RNA polymerase II pausing during development.

The rapid expansion of genomics methods has enabled developmental biologists to address fundamental questions of developmental gene regulation on a genome-wide scale. These efforts have demonstrated that transcription of developmental control genes by RNA polymerase II (Pol II) is commonly regulated at the transition to productive elongation, resulting in the promoter-proximal accumulation of transcriptionally engaged but paused Pol II prior to gene induction. Here we review the mechanisms and possible functions of Pol II pausing and their implications for development.

Molecular evolution of the Yap/Yorkie proto-oncogene and elucidation of its core transcriptional program.

Throughout Metazoa, developmental processes are controlled by a surprisingly limited number of conserved signaling pathways.
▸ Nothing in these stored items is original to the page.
//! Reads the text of a program.
#![tactic(auto)]

mod alternatives;
mod grammar;
pub mod program;
mod reader;
pub mod refusal;
pub mod token;
pub mod word;
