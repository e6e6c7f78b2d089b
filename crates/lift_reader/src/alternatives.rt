//! The alternatives of forms: each gives way to the one that begins with the token that was read.

ghost use Rattle.std.specs.Prelude.{Some};
ghost use Rattle.readings.specs.Given.{Gave};
ghost use Rattle.lift_reader.specs.Forms.{items};

mod declarations;
mod terms;
mod types;

use crate::grammar::{Action, Debt, Debts};
use crate::token::Kind;
pub use declarations::{give_input, give_inputs, give_number, give_range, give_sizes};
use readings::{Owed, owe};
use std::alloc::AllocError;
pub use terms::{give_compound, give_fold, give_let, give_map, give_operator, give_product_rest};
pub use types::{give_array, give_element, give_length_rest, give_type};

const OPEN: Debt<'static> = Owed::Token(Kind::Symbol(b'('));

const CLOSE: Debt<'static> = Owed::Token(Kind::Symbol(b')'));

const COMMA: Debt<'static> = Owed::Token(Kind::Symbol(b','));

const SEMICOLON: Debt<'static> = Owed::Token(Kind::Symbol(b';'));

const COLON: Debt<'static> = Owed::Token(Kind::Symbol(b':'));

const EQUALS: Debt<'static> = Owed::Token(Kind::Symbol(b'='));

const DOT: Debt<'static> = Owed::Token(Kind::Symbol(b'.'));

const BACKSLASH: Debt<'static> = Owed::Token(Kind::Symbol(b'\\'));

const UNBIND: Debt<'static> = Owed::Mark(Action::Unbind);

/// Puts an alternative before all that is owed.
#[tactic(auto, using(crate::proofs::Given::given))]
pub fn give<'a>(owed: &mut Debts<'a>, alternative: &[Debt<'a>]) -> Result<bool, AllocError>
    ensures { Gave items result owed.old.items owed.new.items (Some (items alternative.now)) }
{
    owe(owed, alternative)?;
    Ok(true)
}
Precisely how these signaling cassettes were assembled in early animal evolution remains poorly understood, as do the molecular transitions that potentiated the acquisition of their myriad developmental functions. Here we analyze the molecular evolution of the proto-oncogene yes-associated protein (Yap)/Yorkie, a key effector of the Hippo signaling pathway that controls organ size in both Drosophila and mammals. Based on heterologous functional analysis of evolutionarily distant Yap/Yorkie orthologs, we demonstrate that a structurally distinct interaction interface between Yap/Yorkie and its partner TEAD/Scalloped became fixed in the eumetazoan common ancestor. We then combine transcriptional profiling of tissues expressing phylogenetically diverse forms of Yap/Yorkie with ChIP-seq validation to identify a common downstream gene expression program underlying the control of tissue growth in Drosophila. Intriguingly, a subset of the newly identified Yorkie target genes are also induced by Yap in mammalian tissues, thus revealing a conserved Yap-dependent gene expression signature likely to mediate organ size control throughout bilaterian animals. Combined, these experiments provide new mechanistic insights while revealing the ancient evolutionary history of Hippo signaling.
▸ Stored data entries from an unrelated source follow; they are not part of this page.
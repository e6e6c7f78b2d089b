//! Reads programs.

ghost use Rattle.std.specs.Prelude.{◌≡◌, IfOk, IfErr, None, map};
ghost use Rattle.readings.specs.Exactly as exactly;
ghost use Rattle.lift_tree.specs.Belonging.{IsProper, IsTermOf};
ghost use Rattle.lift_tree.specs.Programs.{PlainProgram, program_of};
ghost use Rattle.lift_tree.specs.Tree.{tree_of};
ghost use Rattle.lift_reader.specs.Shown.{lexeme, placed};
ghost use Rattle.lift_reader.specs.Grammar.{IsProgram, programs, start, nothing};
ghost use Rattle.lift_reader.specs.ProgramText.{IsProgramText, ProgramsMayBeTyped, Refuses};
ghost use Rattle.lift_reader.specs.ProgramText.{Answers, Gives, first_limit, place_of};
ghost use Rattle.lift_reader.specs.TextTerms.{BodiesAreTextTerms};

use crate::grammar::{Action, Nonterminal};
use crate::reader::Reader;
use crate::refusal::{Quantity, ReadRefusal};
use crate::token::{Kind, Token, tokens};
use lift_tree::program::Program;
use readings::{Owed, ReadError, read};
use std::alloc::{AllocError, Global};

/// The program whose tokens these are.
fn read_tokens(alloc: Global, tokens: &[Kind]) -> Result<Program, ReadError>
    ensures found { IfOk result (λ p. IsProgram (map lexeme tokens.now) (program_of p)) }
    ensures only { (p : PlainProgram) → IsProgram (map lexeme tokens.now) p → Gives p result }
    ensures refused { IfErr result (exactly.Refuses programs start nothing
        (map lexeme tokens.now)) }
{
    let program = Owed::Form(Nonterminal::Sizes);
    let finish = Owed::Mark(Action::Finish);
    let reader = read(alloc, &[program, finish], Reader::new(alloc), tokens)?;
    let noted = reader.into_program(alloc)?;
    match noted {
        Some(program) => Ok(program),
        None => unreachable!(),
    }
}

fn place_of(tokens: &[Token], before: usize, end: usize) -> usize
    ensures { result ≡ place_of (map placed tokens.now) before end }
{
    match tokens.get(before) {
        Some(token) => token.offset,
        None => end,
    }
}

fn kinds_of<'a>(alloc: Global, tokens: &[Token<'a>]) -> Result<Vec<Kind<'a>>, AllocError>
    ensures { IfOk result (λ kinds. kinds.items ≡ map (λ t. t.kind) tokens.now) }
{
    tokens.iter().map(|token| token.kind).collect(alloc)
}

fn read_text(alloc: Global, text: &[u8]) -> Result<Program, ReadRefusal>
    ensures found { IfOk result (λ p. IsProgramText text.now (program_of p)) }
    ensures only { (p : PlainProgram) → IsProgramText text.now p → Answers p result }
    ensures refused { IfErr result (Refuses text.now) }
{
    let tokens = tokens(alloc, text)?;
    let kinds = kinds_of(alloc, &tokens)?;
    match read_tokens(alloc, &kinds) {
        Ok(program) => Ok(program),
        Err(ReadError::Memory) => Err(ReadRefusal::Memory),
        Err(ReadError::Refused { taken }) => Err(ReadRefusal::Syntax {
            token: taken + 1,
            offset: place_of(&tokens, taken, text.len()),
        }),
    }
}

/// The first quantity above its limit, with its count.
fn first_limit(program: &Program) -> Option<(Quantity, u64)>
    ensures { result ≡ first_limit (program_of program.now) }
{
    let sizes = program.sizes.len() as u64;
    if sizes > 8 {
        return Some((Quantity::Sizes, sizes));
    }
    let inputs = program.inputs.len() as u64;
    if inputs > 8 {
        return Some((Quantity::Inputs, inputs));
    }
    let nodes = program.body.node_count();
    if nodes > 4096 {
        return Some((Quantity::Nodes, nodes));
    }
    None
}

/// Reads the text of a program.
///
/// The text is refused at the first token at which no program goes on, or, once all of it is in the
/// grammar, by the first of the sizes, the inputs and the term's nodes that is above its limit.
pub fn read_program(alloc: Global, text: &[u8]) -> Result<Program, ReadRefusal>
    // What is answered is the text's program, and within the limits.
    ensures found { IfOk result (λ p.
        IsProgramText text.now (program_of p) × (first_limit (program_of p) ≡ None)) }
    // Its sizes are proper, and its inputs and its body name what it declares: it may be typed.
    ensures proper { IfOk result (λ p. IsProper (program_of p)) }
    ensures body { IfOk result (λ p. IsTermOf (program_of p) (tree_of p.body)) }
    // A program's text is answered with the program or its first limit, unless memory runs out.
    ensures only { (p : PlainProgram) → IsProgramText text.now p → Answers p result }
    // A refusal names the first token at which the text doesn't go on, or its first limit.
    ensures refused { IfErr result (Refuses text.now) }
{
    let program = read_text(alloc, text)?;
    match first_limit(&program) {
        Some((which, count)) => Err(ReadRefusal::Limit { which, count }),
        None => Ok(program),
    }
}

/// A text's program within its limits may be typed: its sizes are proper, and its inputs and its
/// body name what it declares.
pub fn programs_may_be_typed()
    ensures { ProgramsMayBeTyped }
{}

/// The term of a text's program is one that a text may have: it names its binders and what the
/// program declares alone, copies nothing, and at most 256 terms stand in one another.
pub fn bodies_are_text_terms()
    ensures { BodiesAreTextTerms }
{}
Poised RNA polymerase II changes over developmental time and prepares genes for future expression.

Poised RNA polymerase II (Pol II) is predominantly found at developmental control genes and is thought to allow their rapid and synchronous induction in response to extracellular signals. How the recruitment of poised RNA Pol II is regulated during development is not known. By isolating muscle tissue from Drosophila embryos at five stages of differentiation, we show that the recruitment of poised Pol II occurs at many genes de novo and this makes them permissive for future gene expression. A comparison with other tissues shows that these changes are stage specific and not tissue specific. In contrast, Polycomb group repression is tissue specific, and in combination with Pol II (the balanced state) marks genes with highly dynamic expression. This suggests that poised Pol II is temporally regulated and is held in check in a tissue-specific fashion. We compare our data with findings in mammalian embryonic stem cells and discuss a framework for predicting developmental programs on the basis of the chromatin state.